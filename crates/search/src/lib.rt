// The search of a query over the blocks of a catalog. Query meets what `answer` asks: its judge has let catalog, motif, work and hits pass (`Judged`), and the
// cache is clean.
#![tactic(auto)]

pub mod maps;
mod scan;

ghost use Rattle.std.specs.Prelude.{◌≡◌, true, ◌++◌, ◌<◌, ◌≤◌, ◌%◌, length, drop};
ghost use Rattle.lists.specs.Vocabulary.{select};
ghost use Rattle.strand.specs.Lent.{lent, on_strand};
ghost use Rattle.octets.specs.Octets.{map_bits, map_bit};
ghost use Rattle.block.specs.Block.{block_count};
ghost use Rattle.calls.specs.Buffers.{most_motif_bases, slot_of};
ghost use Rattle.calls.specs.Calls.{queried};
ghost use Rattle.calls.specs.Statements.{AllSound};
ghost use Rattle.search.specs.Search.{Judged, answered};

use block::layout;
use calls::{Hits, Queried};
use maps::Maps;
use scan::Searcher;
use strand::Strand;

// The slot of a motif in a cache of n blocks: its key mod n.
pub fn slot(motif: &Strand, n: usize) -> usize
    requires { (length motif.now.bases.now ≤ most_motif_bases) × (length motif.now.mates.now ≡ length motif.now.bases.now) × (1 ≤ n) }
    ensures { (result ≡ slot_of n (lent motif.now)) × (result < n) }
{
    strand::key::key(motif) % n
}

// The numbers below n of the map, rising, at the start of `hits`; how many there are.
pub fn list_hits(found: &[u8], n: usize, hits: &mut [u16]) -> usize
    requires { (n ≤ length hits.old) × (n ≤ map_bits) }
    ensures { (result ≡ length (select n (map_bit found.now 0)))
        × (hits.new ≡ select n (map_bit found.now 0) ++ drop result hits.old) }
{
    let mut count = 0;
    for d in 0..n {
        if octets::bits::test(found, 0, d) {
            hits[count] = d as u16;
            count += 1;
        }
    }
    count
}

// The answer of an accepted query, from the entry in the motif's slot of the cache, which is then written anew. The maps and the tables of the call are made
// here.
pub fn answer(
    catalog: &[u8],
    cache: &mut [u8],
    motif: &Strand,
    work: &mut [u16],
    hits: &mut [u16],
) -> Queried
    requires { on_strand (Judged catalog.now) motif.now (length work.old) × (1 ≤ block_count cache.old) × AllSound cache.old
        × (block_count catalog.now ≤ length hits.old) }
    ensures { queried result cache.new hits.new
        ≡ answered catalog.now cache.old (lent motif.now) hits.old }
{
    let s = slot(motif, layout::block_count(cache));
    let mut maps = Maps::new(catalog, layout::block_at(cache, s), motif);
    let searched = Searcher::new(*motif, work).search_all(catalog, &maps.todo, &mut maps.found);
    let count = list_hits(&maps.found, layout::block_count(catalog), hits);
    buffer::put_entry(cache, s, motif, &maps.held, &maps.found);
    Ok(Hits { count, searched })
}
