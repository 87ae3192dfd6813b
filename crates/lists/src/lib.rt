// Words that all specifications share, and their laws: entries of lists, tests over the numbers below n. No code.
#![tactic(auto)]
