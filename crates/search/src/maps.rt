// The maps of a query: the held numbers, those of them that are to be searched, and those that the slot's entry knows as hits.
ghost use Rattle.std.specs.Prelude.{◌≡◌, true, not, ◌&&◌, ◌≤◌, length};
ghost use Rattle.strand.specs.Lent.{lent};
ghost use Rattle.octets.specs.Octets.{map_size, map_bit, map_bytes};
ghost use Rattle.block.specs.Block.{sound_entry, block_count};
ghost use Rattle.block.specs.Content.{block_size, searched_in, hit_in};
ghost use Rattle.calls.specs.Buffers.{most_catalog_blocks, held as held_in};
ghost use Rattle.calls.specs.Calls.{to_search};
ghost use Rattle.judge.specs.Judge.{SoundCatalog};
ghost use Rattle.search.specs.Search.{known_hit};

use block::layout;
use strand::Strand;

// The held numbers.
pub fn fill_held(catalog: &[u8], held: &mut [u8])
    requires { (length held.old ≡ map_size) × (block_count catalog.now ≤ most_catalog_blocks) × SoundCatalog catalog.now }
    ensures { held.new ≡ map_bytes (held_in catalog.now) }
{
    held.fill(0);
    for d in 0..layout::block_count(catalog) {
        if judge::is_held(catalog, d) {
            octets::bits::set(held, 0, d);
        }
    }
}

// The held numbers that the entry, which keeps this motif if `same`, has not searched.
pub fn fill_todo(entry: &[u8], same: bool, held: &[u8], todo: &mut [u8])
    requires { (length entry.now ≡ block_size) × (length held.now ≡ map_size) × (length todo.old ≡ map_size) }
    ensures { todo.new ≡ map_bytes (λ d. map_bit held.now 0 d && not (same && searched_in entry.now d)) }
{
    todo.copy_from_slice(held);
    if same {
        octets::maps::take_out(todo, entry, layout::SEARCHED_AT);
    }
}

// The held numbers that the entry, which keeps this motif if `same`, has searched and found to be hits.
pub fn fill_known(entry: &[u8], same: bool, held: &[u8], found: &mut [u8])
    requires { (length entry.now ≡ block_size) × (length held.now ≡ map_size) × (length found.old ≡ map_size) }
    ensures { found.new
        ≡ map_bytes (λ d. map_bit held.now 0 d && (same && (searched_in entry.now d && hit_in entry.now d))) }
{
    if !same {
        found.fill(0);
        return;
    }
    found.copy_from_slice(held);
    octets::maps::keep(found, entry, layout::SEARCHED_AT);
    octets::maps::keep(found, entry, layout::HIT_AT);
}

// The maps of a query: the held numbers, those of them that are to be searched, and the hits. Nobody copies them, so it is no Clone.
#[derive(Drop)]
pub(crate) struct Maps {
    pub held: [u8; layout::MAP_SIZE],
    pub todo: [u8; layout::MAP_SIZE],
    pub found: [u8; layout::MAP_SIZE],
}

impl Maps {
    // From the entry of the motif's slot: the hits are those that it knows.
    pub(crate) fn new(catalog: &[u8], entry: &[u8], motif: &Strand) -> Maps
        requires { SoundCatalog catalog.now × (block_count catalog.now ≤ most_catalog_blocks) × (sound_entry entry.now ≡ true) }
        ensures { (result.held ≡ map_bytes (held_in catalog.now))
            × (result.todo ≡ map_bytes (to_search catalog.now entry.now (lent motif.now)))
            × (result.found ≡ map_bytes (known_hit catalog.now entry.now (lent motif.now))) }
    {
        let mut held = [0; layout::MAP_SIZE];
        let mut todo = [0; layout::MAP_SIZE];
        let mut found = [0; layout::MAP_SIZE];
        fill_held(catalog, &mut held);
        let same = codec::entry::keeps(entry, motif);
        fill_todo(entry, same, &held, &mut todo);
        fill_known(entry, same, &held, &mut found);
        Maps { held, todo, found }
    }
}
········
Each record should be returned precisely as written.

> _Solution below_
filename crates/search/src/lib.rt
// The search of a query over the blocks of a catalog. Query meets what `answer` asks: its judge has let catalog, motif, work and hits pass (`Judged`), and the
// cache is clean.
#![tactic(auto)]

pub mod maps;
mod scan;

ghost use Rattle.std.specs.Prelude.{◌≡◌, true, ◌++◌, ◌<◌, ◌≤◌, ◌%◌, length, drop};
ghost use Rattle.lists.specs.Vocabulary.{select};
ghost use Rattle.strand.specs.Lent.{lent, on_strand};
ghost use Rattle.octets.specs.Octets.{map_bits, map_bit};
ghost use Rattle.block.specs.Block.{block_count};
ghost use Rattle.calls.specs.Buffers.{most_motif_bases, slot_of};
ghost use Rattle.calls.specs.Calls.{queried};
ghost use Rattle.calls.specs.Statements.{AllSound};
ghost use Rattle.search.specs.Search.{Judged, answered};

use block::layout;
use calls::{Hits, Queried};
use maps::Maps;
use scan::Searcher;
use strand::Strand;

// The slot of a motif in a cache of n blocks: its key mod n.
pub fn slot(motif: &Strand, n: usize) -> usize
    requires { (length motif.now.bases.now ≤ most_motif_bases) × (length motif.now.mates.now ≡ length motif.now.bases.now) × (1 ≤ n) }
    ensures { (result ≡ slot_of n (lent motif.now)) × (result < n) }
{
    strand::key::key(motif) % n
}

// The numbers below n of the map, rising, at the start of `hits`; how many there are.
pub fn list_hits(found: &[u8], n: usize, hits: &mut [u16]) -> usize
    requires { (n ≤ length hits.old) × (n ≤ map_bits) }
    ensures { (result ≡ length (select n (map_bit found.now 0)))
        × (hits.new ≡ select n (map_bit found.now 0) ++ drop result hits.old) }
{
    let mut count = 0;
    for d in 0..n {
        if octets::bits::test(found, 0, d) {
            hits[count] = d as u16;
            count += 1;
        }
    }
    count
}

// The answer of an accepted query, from the entry in the motif's slot of the cache, which is then written anew. The maps and the tables of the call are made
// here.
pub fn answer(
    catalog: &[u8],
    cache: &mut [u8],
    motif: &Strand,
    work: &mut [u16],
    hits: &mut [u16],
) -> Queried
    requires { on_strand (Judged catalog.now) motif.now (length work.old) × (1 ≤ block_count cache.old) × AllSound cache.old
        × (block_count catalog.now ≤ length hits.old) }
    ensures { queried result cache.new hits.new
        ≡ answered catalog.now cache.old (lent motif.now) hits.old }
{
    let s = slot(motif, layout::block_count(cache));
    let mut maps = Maps::new(catalog, layout::block_at(cache, s), motif);
    let searched = Searcher::new(*motif, work).search_all(catalog, &maps.todo, &mut maps.found);
    let count = list_hits(&maps.found, layout::block_count(catalog), hits);
    buffer::put_entry(cache, s, motif, &maps.held, &maps.found);
    Ok(Hits { count, searched })
}
repository 87ae3192dfd6813b
filename crates/lists/src/lib.rt
// Words that all specifications share, and their laws: entries of lists, tests over the numbers below n. No code.
#![tactic(auto)]
filename crates/search/src/maps.rt
// The maps of a query: the held numbers, those of them that are to be searched, and those that the slot's entry knows as hits.
ghost use Rattle.std.specs.Prelude.{◌≡◌, true, not, ◌&&◌, ◌≤◌, length};
ghost use Rattle.strand.specs.Lent.{lent};
ghost use Rattle.octets.specs.Octets.{map_size, map_bit, map_bytes};
ghost use Rattle.block.specs.Block.{sound_entry, block_count};
ghost use Rattle.block.specs.Content.{block_size, searched_in, hit_in};
ghost use Rattle.calls.specs.Buffers.{most_catalog_blocks, held as held_in};
ghost use Rattle.calls.specs.Calls.{to_search};
ghost use Rattle.judge.specs.Judge.{SoundCatalog};
ghost use Rattle.search.specs.Search.{known_hit};

use block::layout;
use strand::Strand;

// The held numbers.
pub fn fill_held(catalog: &[u8], held: &mut [u8])
    requires { (length held.old ≡ map_size) × (block_count catalog.now ≤ most_catalog_blocks) × SoundCatalog catalog.now }
    ensures { held.new ≡ map_bytes (held_in catalog.now) }
{
    held.fill(0);
    for d in 0..layout::block_count(catalog) {
        if judge::is_held(catalog, d) {
            octets::bits::set(held, 0, d);
        }
    }
}

// The held numbers that the entry, which keeps this motif if `same`, has not searched.
pub fn fill_todo(entry: &[u8], same: bool, held: &[u8], todo: &mut [u8])
    requires { (length entry.now ≡ block_size) × (length held.now ≡ map_size) × (length todo.old ≡ map_size) }
    ensures { todo.new ≡ map_bytes (λ d. map_bit held.now 0 d && not (same && searched_in entry.now d)) }
{
    todo.copy_from_slice(held);
    if same {
        octets::maps::take_out(todo, entry, layout::SEARCHED_AT);
    }
}

// The held numbers that the entry, which keeps this motif if `same`, has searched and found to be hits.
pub fn fill_known(entry: &[u8], same: bool, held: &[u8], found: &mut [u8])
    requires { (length entry.now ≡ block_size) × (length held.now ≡ map_size) × (length found.old ≡ map_size) }
    ensures { found.new
        ≡ map_bytes (λ d. map_bit held.now 0 d && (same && (searched_in entry.now d && hit_in entry.now d))) }
{
    if !same {
        found.fill(0);
        return;
    }
    found.copy_from_slice(held);
    octets::maps::keep(found, entry, layout::SEARCHED_AT);
    octets::maps::keep(found, entry, layout::HIT_AT);
}

// The maps of a query: the held numbers, those of them that are to be searched, and the hits. Nobody copies them, so it is no Clone.
#[derive(Drop)]
pub(crate) struct Maps {
    pub held: [u8; layout::MAP_SIZE],
    pub todo: [u8; layout::MAP_SIZE],
    pub found: [u8; layout::MAP_SIZE],
}

impl Maps {
    // From the entry of the motif's slot: the hits are those that it knows.
    pub(crate) fn new(catalog: &[u8], entry: &[u8], motif: &Strand) -> Maps
        requires { SoundCatalog catalog.now × (block_count catalog.now ≤ most_catalog_blocks) × (sound_entry entry.now ≡ true) }
        ensures { (result.held ≡ map_bytes (held_in catalog.now))
            × (result.todo ≡ map_bytes (to_search catalog.now entry.now (lent motif.now)))
            × (result.found ≡ map_bytes (known_hit catalog.now entry.now (lent motif.now))) }
    {
        let mut held = [0; layout::MAP_SIZE];
        let mut todo = [0; layout::MAP_SIZE];
        let mut found = [0; layout::MAP_SIZE];
        fill_held(catalog, &mut held);
        let same = codec::entry::keeps(entry, motif);
        fill_todo(entry, same, &held, &mut todo);
        fill_known(entry, same, &held, &mut found);
        Maps { held, todo, found }
    }
}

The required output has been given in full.